A Sydney-based restaurateur is making waves in the seafood industry, having raised $2 million to launch an online auction platform that aims to remove the need for early-morning fish markets.
A common face around Sydney’s Darling Harbour, Peter Manettas has been involved in the food scene for 15 years through his family business, Nick’s Restaurant and Bar Group, which owns six restaurants in Darling Harbour.
But the Manettas family legacy is in the seafood industry and Mr Manettas is looking to launch the country’s first seafood delivery service, called ShoreTrade, which he said gives all consumers the chance to buy the best fresh catches directly.
He told The Australian Financial Review he wanted to stop the “antiquated process of the old pen and paper”.
He said fish were auctioned each morning to a crowd of about 100 people before passing through various hands and arriving in a home kitchen about a week later.

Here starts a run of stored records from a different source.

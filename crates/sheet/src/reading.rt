// Read: a slot's used line words, as a part of the sheet, and its companion, the number.
ghost use Rattle.std.specs.Prelude.{◌≡◌, ◌+◌, ◌*◌, IfOk, length};
ghost use Rattle.rules.specs.Refusals.{read_number, read_start, read_length, read_part, read_words};
ghost use Rattle.sheet.specs.Told.{number_from};

use crate::entry::{Clinic, SlotNumber, slot_range};
use rules::Refusal;
use rules::layout::{IN_USE, LINE_COUNT, LINE_WORDS, LINES, MOST_RECORDS};
use std::ops::Range;

/// The most that a line count may be, as a word: a line has a record at least.
const MOST_LINES: u32 = MOST_RECORDS as u32;

/// Where a slot's used line words stand, or why a read is refused.
#[inline(always)]
#[tactic(auto, using(crate::proofs::ReadLaws::read_tests))]
fn read_range(sheet: &[u32], caller: Clinic, slot: SlotNumber) -> Result<Range<usize>, Refusal>
    ensures number { number_from result ≡ read_number sheet.now caller.0 slot.0 }
    ensures part { IfOk result (λ r. (r.start, r.end) ≡ read_part sheet.now caller.0 slot.0) }
{
    let head = slot_range(sheet, caller, slot)?.start;
    // the in-use word first, which the rows before have at hand
    if 1 < sheet[head + IN_USE] {
        return Err(Refusal::Damaged);
    }
    let count = sheet[head + LINE_COUNT];
    if MOST_LINES < count {
        return Err(Refusal::Damaged);
    }
    let first = head + LINES;
    Ok(first..first + LINE_WORDS * count as usize)
}

/// The number of a read: 0, or why it is refused.
// a number, and an empty part beside it in what follows: C asks by two calls, and docs/CLAIMS.md names both
pub fn read_number(sheet: &[u32], caller: Clinic, slot: SlotNumber) -> u32
    ensures number { result ≡ read_number sheet.now caller.0 slot.0 }
    ensures kept { sheet.exit.now ≡ sheet.entry.now }
{
    match read_range(sheet, caller, slot) {
        Ok(_) => 0,
        Err(refusal) => refusal.number(),
    }
}

/// A part of the sheet: the words from `start` up to `end`.
// no Range and no slice: C sees this struct, and an export cannot return a reference
#[repr(C)]
#[derive(Clone, Copy, Debug, PartialEq, Eq)]
pub struct Part {
    pub start: usize,
    pub end: usize,
}

/// Where a slot's used line words stand. Empty where the read is refused.
pub fn read_part(sheet: &[u32], caller: Clinic, slot: SlotNumber) -> Part
    ensures part { (result.start, result.end) ≡ read_part sheet.now caller.0 slot.0 }
    ensures kept { sheet.exit.now ≡ sheet.entry.now }
{
    let Range { start, end } = read_range(sheet, caller, slot).unwrap_or(0..0);
    Part { start, end }
}

/// A slot's used line words, as the very part of the sheet that they are. Empty where the read is refused.
pub fn read(sheet: &[u32], caller: Clinic, slot: SlotNumber) -> &[u32]
    ensures words { result.now ≡ read_words sheet.now caller.0 slot.0 }
    ensures count { length result.now ≡ read_length sheet.now caller.0 slot.0 }
    ensures place { (result.ref_ptr.0 ≡ sheet.entry.ref_ptr.0)
        × (result.ref_ptr.1 ≡ sheet.entry.ref_ptr.1 + 4 * read_start sheet.now caller.0 slot.0) }
    ensures kept { sheet.exit.now ≡ sheet.entry.now }
{
    let Part { start, end } = read_part(sheet, caller, slot);
    &sheet[start..end]
}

“What we’ve built on a logistics scale is completely new and custom built. It allows the fisherman, a cooperative or a processor to list their catch, then that catch will open to buyers all over Australia and internationally, if they’re approved,” Mr Manettas said.
“It will then let them purchase the fish and track its delivery because it’s integrated with logistics companies including airlines all around the country.”
The company has raised $2 million from Investible’s first venture capital fund, as well as from its club of angel investors.
ShoreTrade will compete with China’s Gfresh marketplace, and is in testing ahead of an official launch early next year.
“Peter Manettas is exactly the type of driven founder with proven industry experience we are looking for,” Investible founder Creel Price said.
“His relationships within the industry are unparalleled and his vision for the digitisation of the industry is unique. ShoreTrade has the potential to be a global disrupter because it benefits both fisherman/co-operatives and purchasers.”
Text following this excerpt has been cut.